A relação que se construiu entre os dois mudou a rotina metódica e rígida do personagem principal. Ele passou a fazer de tudo para agradá-la, queria conquistar sua confiança e fazer com que aquele desejo de estar junto fosse recíproco. Aos noventa anos então, o ancião experimentou o despertar de seu primeiro amor e se permitiu músicas românticas, além de inspirar suas crônicas com esses sentimentos tão ternos que o apeteciam e já não eram mais efêmeros como antes, ele se sentia como se tivesse iniciando uma nova vida. Em uma noite, porém, experimentou a fúria do ciúme, sentiu a possibilidade de perda daquilo que vinha lentamente conquistando.
O momento de fúria que o fez destruir todo o quarto dos dias de encontro acabou afastando e atrapalhando a fluidez do romance, porém, o idoso não parou de descobrir coisas novas, novos prazeres e perceber que tudo já existia. Faltava apenas se auto-permitir, faltava um sentimento de que a vida não finda enquanto não cessar e não importava a idade que ele tinha, o que importava era como se sentia. São essas as conclusões que o idoso chega, depois da riquíssima experiência com a jovem e após recordar momentos de sua vida, fazendo comparações com o presente.

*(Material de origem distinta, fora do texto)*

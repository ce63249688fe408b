//! The parts of a forest (EMV 4.3 Book 3, Annex B; ISO/IEC 7816-4, clause 5.2.2).

ghost use Rattle.std.specs.Prelude.{◌≡◌, ◌≤◌, ◌<◌, length, map, drop, slice_get};
ghost use Rattle.octet_core.specs.Grammar.{whole, Refuses};
ghost use Rattle.tlv_core.specs.Forest.{IsForest, IsProper, largest};
ghost use Rattle.tlv_core.specs.Reasons.{IsReason};
ghost use Rattle.tlv_core.specs.Tree.{Tree};
ghost use Rattle.c_lent.specs.Verdict.{IsRefusal, Tells, wrong_argument};
ghost use Rattle.c_lent.specs.Tlv.{tlv_reason};
ghost use Rattle.c_lent.specs.Parts.{tag_of, found, parts_shown, FindsFirst, PutsParts};

use c_lent::parts::{CPart, CTag};
use c_lent::verdict::Verdict;

/// Writes the parts of a forest of at most `max` octets to an array: its objects in the order of their headers, each
/// before those inside it, without the fillers. The place of `OK` is the number of parts. The call allocates nothing.
///
/// Returns `ARGUMENT` with place 0 if `max` is above 1,048,576, and with the number of parts if the array is too short.
#[unsafe(no_mangle)]
pub extern "C" fn scard_tlv_parts(octets: &[u8], max: usize, out: &mut [CPart]) -> Verdict
    ensures parts { max ≤ largest → (IsRefusal result → ⊥) →
        PutsParts max octets.now out.old out.new result }
    ensures refused { IsRefusal result →
        Tells tlv_reason (Refuses whole (IsForest max) (IsReason max) octets.now) result }
    ensures argument { largest < max → result ≡ wrong_argument 0 }
    ensures stays { largest < max → out.new ≡ out.old }
{
    c_lent::parts::tlv_parts(octets, max, out)
}

/// Returns the index of the first object on a path of tags in the parts of a forest, or the number of parts if there is
/// none. A path of one tag finds the first outermost object with that tag. On a longer path, the call tries the objects
/// with the first tag in order, and searches each of them for the rest of the path.
#[unsafe(no_mangle)]
pub extern "C" fn scard_tlv_first(parts: &[CPart], path: &[CTag]) -> usize
    ensures inside { result ≤ length parts.now }
    ensures found { drop result parts.now ≡ found path.now 0 parts.now }
    ensures tree { (t : Tree) → IsProper 1 t → parts.now ≡ parts_shown t →
        FindsFirst (map tag_of path.now) t (slice_get parts.now result) }
{
    c_lent::parts::tlv_first(parts, path)
}
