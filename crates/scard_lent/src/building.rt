//! Headers of data objects (EMV 4.3 Book 3, Annex B; ISO/IEC 8825-1, clause 8.1) and entries of data object lists (EMV
//! 4.3 Book 3, clause 5.4).

ghost use Rattle.std.specs.Prelude.{◌≡◌, ◌≢◌, ◌≤◌, ◌<◌};
ghost use Rattle.tlv_core.specs.Tag.{IsTag};
ghost use Rattle.tlv_core.specs.Forest.{largest};
ghost use Rattle.tlv_core.specs.Dol.{entry_octets};
ghost use Rattle.c_lent.specs.Verdict.{wrong_argument};
ghost use Rattle.c_lent.specs.Parts.{tag_of};
ghost use Rattle.c_lent.specs.Building.{shortest_header, PutsOctets};

use c_lent::parts::CTag;
use c_lent::verdict::Verdict;

/// Writes the header of a data object: its tag, and the shortest length field for a value of `len` octets, at most
/// 1,048,576. Returns `ARGUMENT` with place 0 if `tag` isn't a tag, or if `len` is larger.
#[unsafe(no_mangle)]
pub extern "C" fn scard_tlv_header(tag: &CTag, len: usize, out: &mut [u8]) -> Verdict
    ensures written { IsTag (tag_of tag.now) → len ≤ largest
        → PutsOctets (shortest_header (tag_of tag.now) len) out.old out.new result }
    ensures untagged { (IsTag (tag_of tag.now) → ⊥) → result ≡ wrong_argument 0 }
    ensures long { largest < len → result ≡ wrong_argument 0 }
    ensures stays { result.status ≢ 0 → out.new ≡ out.old }
{
    c_lent::building::tlv_header(tag, len, out)
}

/// Writes an entry of a data object list: a tag, and the length that its value is to have. Returns `ARGUMENT` with
/// place 0 if `tag` isn't a tag.
#[unsafe(no_mangle)]
pub extern "C" fn scard_dol_entry(tag: &CTag, len: u8, out: &mut [u8]) -> Verdict
    ensures written { IsTag (tag_of tag.now)
        → PutsOctets (entry_octets (tag_of tag.now, len)) out.old out.new result }
    ensures untagged { (IsTag (tag_of tag.now) → ⊥) → result ≡ wrong_argument 0 }
    ensures stays { result.status ≢ 0 → out.new ≡ out.old }
{
    c_lent::building::dol_entry(tag, len, out)
}
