//! Collects octets and silences into bursts (ISO/IEC 7816-3, clause 11.4.3). The caller keeps the framer.

ghost use Rattle.std.specs.Prelude.{◌≡◌, ◌++◌, [], ℕ, List, min, take};
ghost use Rattle.block_core.specs.Block.{is_whole};
ghost use Rattle.line_core.specs.Bursts.{HasHeard, handed, wait_of};

use line_core::Framer;

/// Begins a burst without octets. The framer may have any value before.
#[unsafe(no_mangle)]
pub extern "C" fn scard_lent_framer_begin(framer: &mut Framer)
    ensures { HasHeard framer.new [] }
{
    framer.restart();
}

/// Adds octets that arrived, possibly none, to the burst. All are counted, and the first 259 of the burst are kept.
#[unsafe(no_mangle)]
pub extern "C" fn scard_lent_framer_feed(framer: &mut Framer, piece: &[u8])
    ensures { (burst : List ℕ) → HasHeard framer.old burst
        → HasHeard framer.new (burst ++ piece.now) }
{
    framer.feed(piece);
}

/// Whether the burst is a complete block by its LEN, with the right LRC and nothing after it.
#[unsafe(no_mangle)]
pub extern "C" fn scard_lent_framer_is_whole(framer: &Framer) -> bool
    ensures { (burst : List ℕ) → HasHeard framer.now burst → result ≡ is_whole burst }
{
    framer.is_whole()
}

/// Returns how long a silence ends the burst, in any unit of time. It is `first` before the first octet, `after` if the
/// burst is a complete block with the right LRC, and `inside` otherwise.
#[unsafe(no_mangle)]
pub extern "C" fn scard_lent_framer_wait(
    framer: &Framer,
    first: u64,
    inside: u64,
    after: u64,
) -> u64
    ensures { (burst : List ℕ) → HasHeard framer.now burst
        → result ≡ wait_of first inside after burst }
{
    framer.wait(first, inside, after)
}

/// Returns how many of the kept octets an end takes: the burst, or its first 259 octets.
#[unsafe(no_mangle)]
pub extern "C" fn scard_lent_framer_burst(framer: &Framer) -> usize
    ensures is { result ≡ min framer.now.count handed }
    ensures kept { (burst : List ℕ) → HasHeard framer.now burst
        → take result framer.now.octets ≡ take handed burst }
{
    framer.kept()
}
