//! Blocks of T=1 (ISO/IEC 7816-3, clause 11.3).

ghost use Rattle.std.specs.Prelude.{◌≡◌, ◌≢◌, ◌⊎◌, ◌≤◌, ◌<◌, length, [], IfSome, IfNone};
ghost use Rattle.octet_core.specs.Grammar.{self_ended, Refuses};
ghost use Rattle.block_core.specs.Block.{Parts, IsBlock, IsReason, Suits};
ghost use Rattle.block_core.specs.declared.pcb.Pcb.TheVariants.{Info, Ready, Request, Response};
ghost use Rattle.c_lent.specs.Verdict.{Tells, Puts, ok_at, wrong_argument};
ghost use Rattle.c_lent.specs.Number.{number_of, fault_of, subject_of};
ghost use Rattle.octet_core.specs.Sizes.{IsReserved};
ghost use Rattle.c_lent.specs.Block.{block_reason, IsDecoded, IsUnfit, IsOf, ShowsPcb};

use c_lent::block::{CBlock, CPcb};
use c_lent::verdict::Verdict;

/// Decodes the block at the front of the octets, with an information size of 1 to 254. The place of `OK` is the length
/// of the block.
#[unsafe(no_mangle)]
pub extern "C" fn scard_block_decode(octets: &[u8], ifs: u8, out: &mut CBlock) -> Verdict
    ensures ok { result.status ≡ 0 → IsDecoded ifs octets.now result out.new }
    ensures place { result.status ≡ 0 → result ≡ ok_at result.place }
    ensures refused { (IsReserved ifs → ⊥) → result.status ≢ 0 →
        Tells block_reason (Refuses self_ended (IsBlock ifs) (IsReason ifs) octets.now) result }
    ensures argument { IsReserved ifs → result ≡ wrong_argument 0 }
    ensures stays { result.status ≢ 0 → out.new ≡ out.old }
{
    c_lent::block::block_decode(octets, ifs, out)
}

/// Writes the parts of a PCB. If the octet isn't a PCB, the kind is 0, and so are its other parts.
#[unsafe(no_mangle)]
pub extern "C" fn scard_block_parts(pcb: u8, out: &mut CPcb)
    ensures { ShowsPcb pcb out.new }
{
    c_lent::block::block_parts(pcb, out)
}

/// Encodes an I-block. Returns `ARGUMENT` with place 0 if `ns` isn't 0 or 1, or if the field has more than 254 octets.
#[unsafe(no_mangle)]
pub extern "C" fn scard_block_i(nad: u8, ns: u8, more: bool, inf: &[u8], out: &mut [u8]) -> Verdict
    ensures written { IfSome (number_of ns) (λ number. length inf.now ≤ 254 →
        Puts (IsBlock 254 (record { nad = nad; pcb = Info number more; inf = inf.now })) out.old out.new result) }
    ensures number { IfNone (number_of ns) (result ≡ wrong_argument 0) }
    ensures long { 254 < length inf.now → result ≡ wrong_argument 0 }
    ensures stays { result.status ≢ 0 → out.new ≡ out.old }
{
    c_lent::block::block_i(nad, ns, more, inf, out)
}

/// Encodes an R-block. Returns `ARGUMENT` with place 0 if `nr` isn't 0 or 1, or if `fault` is above 2.
#[unsafe(no_mangle)]
pub extern "C" fn scard_block_r(nad: u8, nr: u8, fault: u8, out: &mut [u8]) -> Verdict
    ensures written { IfSome (number_of nr) (λ number. IfSome (fault_of fault) (λ fault.
        Puts (IsBlock 254 (record { nad = nad; pcb = Ready number fault; inf = [] })) out.old out.new result)) }
    ensures number { IfNone (number_of nr) (result ≡ wrong_argument 0) }
    ensures fault { IfNone (fault_of fault) (result ≡ wrong_argument 0) }
    ensures stays { result.status ≢ 0 → out.new ≡ out.old }
{
    c_lent::block::block_r(nad, nr, fault, out)
}

/// Encodes an S-block that is a request. Returns `ARGUMENT` with place 0 if `about` is above 3, or if the request can't
/// have this field.
#[unsafe(no_mangle)]
pub extern "C" fn scard_block_s_request(nad: u8, about: u8, inf: &[u8], out: &mut [u8]) -> Verdict
    ensures written { IfSome (subject_of about) (λ s. Suits 254 (Request s) inf.now →
        Puts (IsBlock 254 (record { nad = nad; pcb = Request s; inf = inf.now })) out.old out.new result) }
    ensures about { IfNone (subject_of about) (result ≡ wrong_argument 0) }
    ensures unfit { IfSome (subject_of about) (λ s. (Suits 254 (Request s) inf.now → ⊥) →
        result ≡ wrong_argument 0) }
    ensures stays { result.status ≢ 0 → out.new ≡ out.old }
{
    c_lent::block::block_s_request(nad, about, inf, out)
}

/// Encodes an S-block that is a response. Returns `ARGUMENT` with place 0 if `about` is above 3, or if the response
/// can't have this field.
#[unsafe(no_mangle)]
pub extern "C" fn scard_block_s_response(nad: u8, about: u8, inf: &[u8], out: &mut [u8]) -> Verdict
    ensures written { IfSome (subject_of about) (λ s. Suits 254 (Response s) inf.now →
        Puts (IsBlock 254 (record { nad = nad; pcb = Response s; inf = inf.now })) out.old out.new result) }
    ensures about { IfNone (subject_of about) (result ≡ wrong_argument 0) }
    ensures unfit { IfSome (subject_of about) (λ s. (Suits 254 (Response s) inf.now → ⊥) →
        result ≡ wrong_argument 0) }
    ensures stays { result.status ≢ 0 → out.new ≡ out.old }
{
    c_lent::block::block_s_response(nad, about, inf, out)
}

/// Encodes the block with this control octet and field. Returns `ARGUMENT` with place 0 if there is no such block.
#[unsafe(no_mangle)]
pub extern "C" fn scard_block_encode(nad: u8, pcb: u8, inf: &[u8], out: &mut [u8]) -> Verdict
    ensures { ((v : Parts) × IsOf nad pcb inf.now v × Puts (IsBlock 254 v) out.old out.new result)
        ⊎ (IsUnfit pcb inf.now × (result ≡ wrong_argument 0) × (out.new ≡ out.old)) }
{
    c_lent::block::block_encode(nad, pcb, inf, out)
}
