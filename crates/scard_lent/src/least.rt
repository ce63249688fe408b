//! How many more octets must come at least, for octets that end early.

ghost use Rattle.std.specs.Prelude.{◌≡◌, ◌<◌, ◌⊎◌};
ghost use Rattle.octet_core.specs.Grammar.{Begins};
ghost use Rattle.tlv_core.specs.Forest.{IsForest, largest};
ghost use Rattle.tlv_core.specs.Reasons.{Kept, HasTaken};
ghost use Rattle.shortfall.specs.Apdu.{command_least, response_least};
ghost use Rattle.shortfall.specs.Atr.{atr_least};
ghost use Rattle.shortfall.specs.Block.{block_least};
ghost use Rattle.shortfall.specs.Chain.{chain_least};
ghost use Rattle.shortfall.specs.Forest.{open_rest};
ghost use Rattle.shortfall.specs.List.{list_least};

/// Returns how many more octets a value of a codec needs at least, if it begins with these octets. It is 0 if they are
/// a whole value, or no codec has this number. The call allocates nothing.
#[unsafe(no_mangle)]
pub extern "C" fn scard_least(codec: u8, octets: &[u8]) -> usize
    ensures atr { codec ≡ 1 → result ≡ atr_least octets.now }
    ensures block { codec ≡ 2 → result ≡ block_least octets.now }
    ensures chain { codec ≡ 3 → result ≡ chain_least octets.now }
    ensures command { codec ≡ 4 → result ≡ command_least octets.now }
    ensures response { codec ≡ 5 → result ≡ response_least octets.now }
    ensures forest { codec ≡ 6 → (k : Kept) → k.max ≡ largest → HasTaken octets.now k
        → result ≡ open_rest k }
    ensures no_forest { codec ≡ 6 → (Begins (IsForest largest) octets.now → ⊥) → result ≡ 0 }
    ensures list { codec ≡ 7 → result ≡ list_least octets.now }
    ensures other { (codec ≡ 0) ⊎ (7 < codec) → result ≡ 0 }
{
    c_lent::least::least(codec, octets)
}
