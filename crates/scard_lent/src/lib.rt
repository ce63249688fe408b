//! The calls of the library for C that need no memory, as a static library. It exports the code of c_lent, line_core's
//! framer, session_core's line and one call of notes.
#![tactic(auto)]

pub mod apdu;
pub mod atr;
pub mod block;
pub mod building;
pub mod card_session;
pub mod chain;
pub mod dol;
pub mod filling;
pub mod framing;
pub mod hexadecimal;
pub mod layout;
pub mod least;
pub mod lent;
pub mod lent_check;
pub mod lent_exercise;
pub mod lent_judge;
pub mod lent_readers;
pub mod lent_receiver;
pub mod lent_times;
pub mod line;
pub mod names;
pub mod note;
pub mod octets;
pub mod parts;
pub mod sentence;
pub mod session;
pub mod timing;
pub mod tlv;
pub mod version;
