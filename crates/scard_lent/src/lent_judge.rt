//! A judge of the blocks on a line. The caller keeps the state, and nothing is allocated.

ghost use Rattle.std.specs.Prelude.{◌≡◌, ◌≢◌, IfSome, IfNone};
ghost use Rattle.octet_core.specs.Sizes.{IsReserved};
ghost use Rattle.judge_core.specs.Monitored.{new_monitor, quiet_after};
ghost use Rattle.c_lent.specs.Verdict.{ok_at, wrong_argument};
ghost use Rattle.c_lent.specs.Names.{ended};
ghost use Rattle.c_lent.specs.KeptJudge.{side_of, monitor_of};
ghost use Rattle.c_lent.specs.LentJudge.{arrival_of, rule_words, clause_words, silence_shown, owes_block, JudgesBlock};

use c_lent::kept_judge::CJudge;
use c_lent::lent_judge::CJudgment;
use c_lent::names::CText;
use c_lent::verdict::Verdict;

/// Begins a judge at a reset of a card that takes information fields of up to `ifsc` octets, 1 to 254. The state may
/// have any value before. Returns `ARGUMENT` for 0 and 255. Then nothing changes.
#[unsafe(no_mangle)]
pub extern "C" fn scard_lent_judge_begin(state: &mut CJudge, ifsc: u8) -> Verdict
    ensures ok { (IsReserved ifsc → ⊥) →
        (result ≡ ok_at 0) × (monitor_of state.new ≡ new_monitor ifsc) }
    ensures argument { IsReserved ifsc → (result ≡ wrong_argument 0) × (state.new ≡ state.old) }
{
    c_lent::lent_judge::lent_judge_begin(state, ifsc)
}

/// Judges the octets that an end put on the line as one block. `from` is 0 for the terminal, 1 for the card. `arrival`
/// says how they reached the other end: 0 unknown, 1 not at all, 2 as the octets `came`. Returns `ARGUMENT` for another
/// number. Then nothing changes.
#[unsafe(no_mangle)]
pub extern "C" fn scard_lent_judge_block(
    state: &mut CJudge,
    from: u8,
    octets: &[u8],
    arrival: u8,
    came: &[u8],
    out: &mut CJudgment,
) -> Verdict
    ensures judged { IfSome (side_of from) (λ side. IfSome (arrival_of arrival came.entry) (λ how.
        (result ≡ ok_at 0) × JudgesBlock state.old side octets.now how state.new out.new)) }
    ensures side { IfNone (side_of from) (result ≡ wrong_argument 0) }
    ensures arrival { IfNone (arrival_of arrival came.entry) (result ≡ wrong_argument 0) }
    ensures stays { result.status ≢ 0 → (state.new ≡ state.old) × (out.new ≡ out.old) }
{
    c_lent::lent_judge::lent_judge_block(state, from, octets, arrival, came, out)
}

/// Ends the terminal's waiting time, and says whether the card owed a block that it didn't send.
#[unsafe(no_mangle)]
pub extern "C" fn scard_lent_judge_quiet(state: &mut CJudge, out: &mut CJudgment)
    ensures after { monitor_of state.new ≡ quiet_after (monitor_of state.old) }
    ensures shown { out.new ≡ silence_shown (owes_block (monitor_of state.old)) }
{
    c_lent::lent_judge::lent_judge_quiet(state, out)
}

/// Says whether the card owes a block, as at the end of a trace.
#[unsafe(no_mangle)]
pub extern "C" fn scard_lent_judge_finish(state: &CJudge, out: &mut CJudgment)
    ensures { out.new ≡ silence_shown (owes_block (monitor_of state.now)) }
{
    c_lent::lent_judge::lent_judge_finish(state, out)
}

/// Returns in a few words what breaks a rule; "" for any other number.
#[unsafe(no_mangle)]
pub extern "C" fn scard_judge_rule_text(rule: u8, out: &mut CText)
    ensures { out.new.octets.now ≡ ended (rule_words rule) }
{
    c_lent::lent_judge::judge_rule_text(rule, out)
}

/// Returns the clause of a rule in ISO/IEC 7816-3:2006; "" for any other number.
#[unsafe(no_mangle)]
pub extern "C" fn scard_judge_clause_text(rule: u8, out: &mut CText)
    ensures { out.new.octets.now ≡ ended (clause_words rule) }
{
    c_lent::lent_judge::judge_clause_text(rule, out)
}
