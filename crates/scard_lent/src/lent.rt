//! Both ends of T=1 without an allocator (ISO/IEC 7816-3, clause 11.6). The caller keeps the state, and passes it and
//! both buffers to each call.

ghost use Rattle.std.specs.Prelude.{◌≡◌, length, replicate};
ghost use Rattle.atr_core.specs.T1.{IsUsable};
ghost use Rattle.t1_core.specs.Came.{class_of, quiet};
ghost use Rattle.t1_core.specs.Terminal.{TerminalState, at_most, terminal_with, transmit, ask_ifs, takes};
ghost use Rattle.t1_core.specs.Card.{CardState, card_with, replies, more_time, ask_ifs as card_ask_ifs, takes as card_takes};
ghost use Rattle.t1_core.specs.CardViews.{owed};
ghost use Rattle.c_lent.specs.Verdict.{ok_at, wrong_argument};
ghost use Rattle.c_lent.specs.Kept.{IsTerminal, IsCard};
ghost use Rattle.c_lent.specs.Lent.{lent, TerminalCalled, CardCalled, IsAtFront};

use c_lent::kept::{CCard, CTerminal};
use c_lent::turn::CTurn;
use c_lent::verdict::Verdict;

/// Begins a terminal for a card with these parameters of T=1, and sets both buffers to 0. A command has at most as many
/// octets as its buffer, and at most 65,544. An answer has at most as many as its buffer, and at most 65,538.
///
/// Returns `ARGUMENT` if `ifsc` is 0 or 255, or if an index is above 15. Then nothing changes.
#[unsafe(no_mangle)]
pub extern "C" fn scard_lent_terminal_begin(
    state: &mut CTerminal,
    command: &mut [u8],
    answer: &mut [u8],
    ifsc: u8,
    bwi: u8,
    cwi: u8,
) -> Verdict
    ensures ok { IsUsable (record { ifsc = ifsc; bwi = bwi; cwi = cwi }) → (result ≡ ok_at 0) ×
        IsTerminal state.new command.new answer.new
        (terminal_with (at_most (length command.old) (length answer.old)) ifsc) }
    ensures overwritten { IsUsable (record { ifsc = ifsc; bwi = bwi; cwi = cwi }) →
        (command.new ≡ replicate (length command.old) 0) × (answer.new ≡ replicate (length answer.old) 0) }
    ensures argument { (IsUsable (record { ifsc = ifsc; bwi = bwi; cwi = cwi }) → ⊥) →
        (result ≡ wrong_argument 0) ×
        (lent state.new command.new answer.new ≡ lent state.old command.old answer.old) }
{
    c_lent::lent::lent_terminal_begin(state, command, answer, ifsc, bwi, cwi)
}

/// Takes a command from the terminal's application. The command must fit its buffer.
#[unsafe(no_mangle)]
pub extern "C" fn scard_lent_terminal_transmit(
    state: &mut CTerminal,
    command: &mut [u8],
    answer: &mut [u8],
    octets: &[u8],
    out: &mut [u8],
) -> CTurn
    ensures { TerminalCalled (λ _. transmit octets.now) (lent state.old command.old answer.old)
        (lent state.new command.new answer.new) out.old out.new result }
{
    c_lent::lent::lent_terminal_transmit(state, command, answer, octets, out)
}

/// Takes the octets that the line delivered to the terminal as one block.
#[unsafe(no_mangle)]
pub extern "C" fn scard_lent_terminal_received(
    state: &mut CTerminal,
    command: &mut [u8],
    answer: &mut [u8],
    octets: &[u8],
    out: &mut [u8],
) -> CTurn
    ensures { TerminalCalled (λ t. takes (class_of t.ifsd octets.now))
        (lent state.old command.old answer.old)
        (lent state.new command.new answer.new) out.old out.new result }
{
    c_lent::lent::lent_terminal_received(state, command, answer, octets, out)
}

/// Reports that nothing came to the terminal within the waiting time.
#[unsafe(no_mangle)]
pub extern "C" fn scard_lent_terminal_quiet(
    state: &mut CTerminal,
    command: &mut [u8],
    answer: &mut [u8],
    out: &mut [u8],
) -> CTurn
    ensures { TerminalCalled (λ _. takes quiet) (lent state.old command.old answer.old)
        (lent state.new command.new answer.new) out.old out.new result }
{
    c_lent::lent::lent_terminal_quiet(state, command, answer, out)
}

/// Requests that the card send information fields of up to `size` octets, 1 to 254.
#[unsafe(no_mangle)]
pub extern "C" fn scard_lent_terminal_ask_ifs(
    state: &mut CTerminal,
    command: &mut [u8],
    answer: &mut [u8],
    size: u8,
    out: &mut [u8],
) -> CTurn
    ensures { TerminalCalled (λ _. ask_ifs size) (lent state.old command.old answer.old)
        (lent state.new command.new answer.new) out.old out.new result }
{
    c_lent::lent::lent_terminal_ask_ifs(state, command, answer, size, out)
}

/// Returns how many octets at the front of the answer's buffer are the answer. It is there from the turn that completes
/// it until the next command is taken. Returns `ARGUMENT` if there is none.
#[unsafe(no_mangle)]
pub extern "C" fn scard_lent_terminal_answer(
    state: &CTerminal,
    command: &[u8],
    answer: &[u8],
) -> Verdict
    ensures answer { (t : TerminalState) → IsTerminal state.now command.now answer.now t →
        IsAtFront t.answered answer.now result }
    ensures none { ((t : TerminalState) → IsTerminal state.now command.now answer.now t → ⊥) →
        result ≡ wrong_argument 0 }
{
    c_lent::lent::lent_terminal_answer(state, command, answer)
}

/// Begins a card with these parameters of T=1, as `scard_lent_terminal_begin` begins a terminal.
#[unsafe(no_mangle)]
pub extern "C" fn scard_lent_card_begin(
    state: &mut CCard,
    command: &mut [u8],
    reply: &mut [u8],
    ifsc: u8,
    bwi: u8,
    cwi: u8,
) -> Verdict
    ensures ok { IsUsable (record { ifsc = ifsc; bwi = bwi; cwi = cwi }) → (result ≡ ok_at 0) ×
        IsCard state.new command.new reply.new
        (card_with (at_most (length command.old) (length reply.old)) ifsc) }
    ensures overwritten { IsUsable (record { ifsc = ifsc; bwi = bwi; cwi = cwi }) →
        (command.new ≡ replicate (length command.old) 0) × (reply.new ≡ replicate (length reply.old) 0) }
    ensures argument { (IsUsable (record { ifsc = ifsc; bwi = bwi; cwi = cwi }) → ⊥) →
        (result ≡ wrong_argument 0) ×
        (lent state.new command.new reply.new ≡ lent state.old command.old reply.old) }
{
    c_lent::lent::lent_card_begin(state, command, reply, ifsc, bwi, cwi)
}

/// Takes the octets that the line delivered to the card as one block.
#[unsafe(no_mangle)]
pub extern "C" fn scard_lent_card_received(
    state: &mut CCard,
    command: &mut [u8],
    reply: &mut [u8],
    octets: &[u8],
    out: &mut [u8],
) -> CTurn
    ensures { CardCalled (λ c. card_takes (class_of c.ifsc octets.now))
        (lent state.old command.old reply.old)
        (lent state.new command.new reply.new) out.old out.new result }
{
    c_lent::lent::lent_card_received(state, command, reply, octets, out)
}

/// Takes a reply from the card's host. The reply must fit its buffer.
#[unsafe(no_mangle)]
pub extern "C" fn scard_lent_card_reply(
    state: &mut CCard,
    command: &mut [u8],
    reply: &mut [u8],
    octets: &[u8],
    out: &mut [u8],
) -> CTurn
    ensures { CardCalled (λ _. replies octets.now) (lent state.old command.old reply.old)
        (lent state.new command.new reply.new) out.old out.new result }
{
    c_lent::lent::lent_card_reply(state, command, reply, octets, out)
}

/// Requests more waiting time for the card's host, any multiple of it.
#[unsafe(no_mangle)]
pub extern "C" fn scard_lent_card_more_time(
    state: &mut CCard,
    command: &mut [u8],
    reply: &mut [u8],
    multiple: u8,
    out: &mut [u8],
) -> CTurn
    ensures { CardCalled (λ _. more_time multiple) (lent state.old command.old reply.old)
        (lent state.new command.new reply.new) out.old out.new result }
{
    c_lent::lent::lent_card_more_time(state, command, reply, multiple, out)
}

/// Requests that the terminal send information fields of up to `size` octets, 1 to 254.
#[unsafe(no_mangle)]
pub extern "C" fn scard_lent_card_ask_ifs(
    state: &mut CCard,
    command: &mut [u8],
    reply: &mut [u8],
    size: u8,
    out: &mut [u8],
) -> CTurn
    ensures { CardCalled (λ _. card_ask_ifs size) (lent state.old command.old reply.old)
        (lent state.new command.new reply.new) out.old out.new result }
{
    c_lent::lent::lent_card_ask_ifs(state, command, reply, size, out)
}

/// Returns how many octets at the front of the command's buffer are the command. It is there while the host owes the
/// reply to it. Returns `ARGUMENT` if there is none.
#[unsafe(no_mangle)]
pub extern "C" fn scard_lent_card_command(state: &CCard, command: &[u8], reply: &[u8]) -> Verdict
    ensures command { (c : CardState) → IsCard state.now command.now reply.now c →
        IsAtFront (owed c c.waits) command.now result }
    ensures none { ((c : CardState) → IsCard state.now command.now reply.now c → ⊥) →
        result ≡ wrong_argument 0 }
{
    c_lent::lent::lent_card_command(state, command, reply)
}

A partir da história desse livro, é possível identificar algumas categorias que são presentes na vida desse idoso específico e também dos demais anciãos. Primeiramente, podemos entender o que Oliveira (2008), denomina como velhice bem sucedida, ou seja, o indivíduo chegar na fase final da vida com qualidade, bem-estar, compreendendo esse processo da vida de modo positivo. Caso o idoso seja educado da melhor maneira em vários aspectos, tais como: personalidade, inteligência, até mesmo no confronto com a doença, será mais apto de olhar e vivenciar a velhice de forma construtiva. Sendo assim, o envelhecimento bem sucedido é quando o indivíduo continua a agir de modo proveitoso, seja referente ao âmbito físico, psíquico ou mental.